Is the Air Force unconstitutional? Sounds like a stupid question. But if you’ve been listening to the Senate hearings to consider the nomination of Judge Amy Coney Barrett to the Supreme Court, you would have reason to think otherwise.
Barrett has been proud to claim the mantle of originalism, popularized by her mentor Antonin Scalia. In her words, originalism means that the constitution’s meaning does not change over time. It retains the “public meaning” it had when it was drafted in the 18th century. “The text is text,” she said in her testimony, “and I understand it to have the meaning that it had at the time people ratified it. It does not change over time, and it is not up to me to update it.” According to Barrett, “The law stays the same” even if it was written two centuries ago.
The benefit of this method, according to Barrett, is that it keeps judges from infusing law with their own preferences. “A judge must apply the law as it is written, not as she wishes it were.”
The constitution is written at a level of generality that demands interpretation.
This simplistic view of what judges do is as misleading as it is common. How often have we heard that “judges should apply the law not make the law”? But the nature of legal texts is that they are static and have to be applied in new contexts.
There has never been a difficult constitutional question in our history that could be decided by the text alone. The constitution is written at a level of generality that demands interpretation.
Does the “liberty” protected by the Fourteenth Amendment include the right to have access to birth control pills? Judges have to decide, even if the text is not clear and such pills did not exist at the time of the drafting.
Does “freedom of speech” include the freedom to publish on the internet? Judges have to decide, even if the text is not clear and not a person alive in 1789 could have imagined HTML code.

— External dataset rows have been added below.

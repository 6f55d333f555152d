//! The subcommand `serve`: its arguments. `album` runs the service.

use crate::running::{port_arg, with_arg};
use crate::texts::{SERVE_ABOUT, SERVE_HELP};
use clap::{Arg, ArgAction, Command, value_parser};
use std::alloc::{AllocError, Global};

/// The subcommand `serve`, with its arguments.
///
/// # Errors
///
/// `AllocError`, where there is no memory for it.
pub(crate) fn serve_command<'a>(alloc: Global) -> Result<Command<'a>, AllocError> {
    let command = Command::new(alloc, "serve")
        .about(SERVE_ABOUT)
        .after_help(SERVE_HELP);
    let command = with_arg(Ok(command), port_arg(alloc));
    let command = with_arg(command, conns_arg(alloc));
    let command = with_arg(command, per_address_arg(alloc));
    let command = with_arg(command, idle_arg(alloc));
    let command = with_arg(command, until_eof_arg(alloc));
    let command = with_arg(command, hello_arg(alloc));
    let command = with_arg(command, grace_arg(alloc));
    let command = with_arg(command, opening_arg(alloc));
    let command = with_arg(command, data_arg(alloc));
    let command = with_arg(command, epochs_arg(alloc));
    let command = with_arg(command, log_mb_arg(alloc));
    let command = with_arg(command, admin_arg(alloc));
    let command = with_arg(command, stats_arg(alloc));
    with_arg(command, audit_arg(alloc))
}

fn conns_arg<'a>(alloc: Global) -> Arg<'a> {
    Arg::new(alloc, "conns")
        .long("conns")
        .value_name("N")
        .help("How many connections are served")
        .value_parser(value_parser!(u16).range(1..))
        .default_value("65535")
}

fn per_address_arg<'a>(alloc: Global) -> Arg<'a> {
    Arg::new(alloc, "per-address")
        .long("per-address")
        .value_name("N")
        .help("How many connections one address may have at once; left out, any number")
        .value_parser(value_parser!(u32).range(1..))
}

fn idle_arg<'a>(alloc: Global) -> Arg<'a> {
    Arg::new(alloc, "idle")
        .long("idle")
        .value_name("SECONDS")
        .help("A connection that says nothing, or takes no answer, for so long ends")
        .value_parser(value_parser!(u32).range(1..))
}

fn until_eof_arg<'a>(alloc: Global) -> Arg<'a> {
    Arg::new(alloc, "until-eof")
        .long("until-eof")
        .help("Serves until standard input ends, and then lets what has begun be answered")
        .action(ArgAction::SetTrue)
}

fn hello_arg<'a>(alloc: Global) -> Arg<'a> {
    Arg::new(alloc, "hello")
        .long("hello")
        .value_name("SECONDS")
        .help("A connection that doesn't say who it is for so long ends; with --until-eof 10")
        .value_parser(value_parser!(u32).range(1..))
}

fn grace_arg<'a>(alloc: Global) -> Arg<'a> {
    Arg::new(alloc, "grace")
        .long("grace")
        .value_name("SECONDS")
        .help(
            "With --until-eof: how long what is open may go on once standard input has ended; else 10",
        )
        .value_parser(value_parser!(u32).range(1..))
}

fn opening_arg<'a>(alloc: Global) -> Arg<'a> {
    Arg::new(alloc, "opening")
        .long("opening")
        .value_name("FILE")
        .help("A file with the opening, in the place of standard input")
}

fn data_arg<'a>(alloc: Global) -> Arg<'a> {
    Arg::new(alloc, "data").long("data").value_name("DIR").help(
        "A folder that keeps what is written; the opening is read where it is empty",
    )
}

fn epochs_arg<'a>(alloc: Global) -> Arg<'a> {
    Arg::new(alloc, "epochs")
        .long("epochs")
        .help(
            "Without --data: nothing is kept on a disk, and epochs turn, so that the service goes on",
        )
        .action(ArgAction::SetTrue)
}

fn log_mb_arg<'a>(alloc: Global) -> Arg<'a> {
    Arg::new(alloc, "log-mb")
        .long("log-mb")
        .value_name("N")
        .help("Once the log, or what --epochs keeps, has so many megabytes, the epoch turns")
        .value_parser(value_parser!(u32).range(1..))
        .default_value("64")
}

fn admin_arg<'a>(alloc: Global) -> Arg<'a> {
    Arg::new(alloc, "admin")
        .long("admin")
        .value_name("WHO")
        .help(
            "Who may sweep, trim and ask what is pending, in the place of everyone; may be given again",
        )
        .action(ArgAction::Append)
}

fn stats_arg<'a>(alloc: Global) -> Arg<'a> {
    Arg::new(alloc, "stats")
        .long("stats")
        .value_name("SECONDS")
        .help("How often the figures of the service are printed on standard error")
        .value_parser(value_parser!(u32).range(1..))
}

fn audit_arg<'a>(alloc: Global) -> Arg<'a> {
    Arg::new(alloc, "audit")
        .long("audit")
        .value_name("FILE")
        .help(
            "A file to which each note is appended, before its request is answered; or -, standard error",
        )
}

Even easy questions demand interpretation.
Take, for example, the Air Force. The Constitution, in Article I, gives Congress the ability “to raise and support armies” and “ to provide and maintain a Navy.” No where does the constitution give the Congress the power to create an air force — which is not surprising since the Wright brothers did not invent the airplane for another century.
Does the absence of explicit authority for creating an air force mean that the U.S. Air Force is unconstitutional? The “original public meaning” of Article I would not have included any thought of airplanes. And if the “text is text” and “the law stays the same” and “does not change over time” then Congress’s creation of the Air Force in 1947 was beyond its authority.
But of course, no one thinks this. The Constitution as drafted in 1787 authorized Congress to create a military force to the full extent of what was possible at the time. One can either say that Congress’s authority should be interpreted in light of the principle that the grant of power should be interpreted as broadly today as it was then, or one can say that “armies” and “navy” should be interpreted to include implicitly an air force. Either method leaves the explicit text behind, but is more loyal to the document than a strict interpretation would be.
When a judge says that those are the only tools available, then they are either patronizing those listening or misleading them.
The air force question is an easy question. But it requires interpretation. It requires judges to be honest that the text and the “original meaning” is incomplete at best. Even easy questions cannot be answered with those tools alone.
When a judge says that those are the only tools available, then they are either patronizing those listening or misleading them. All too often, this kind of simplistic description of what judges do is a way to hiding one’s political views and predispositions behind a patina of judicial restraint.
If you think the Air Force is constitutional, then the text is not always the text. And you should be honest about that.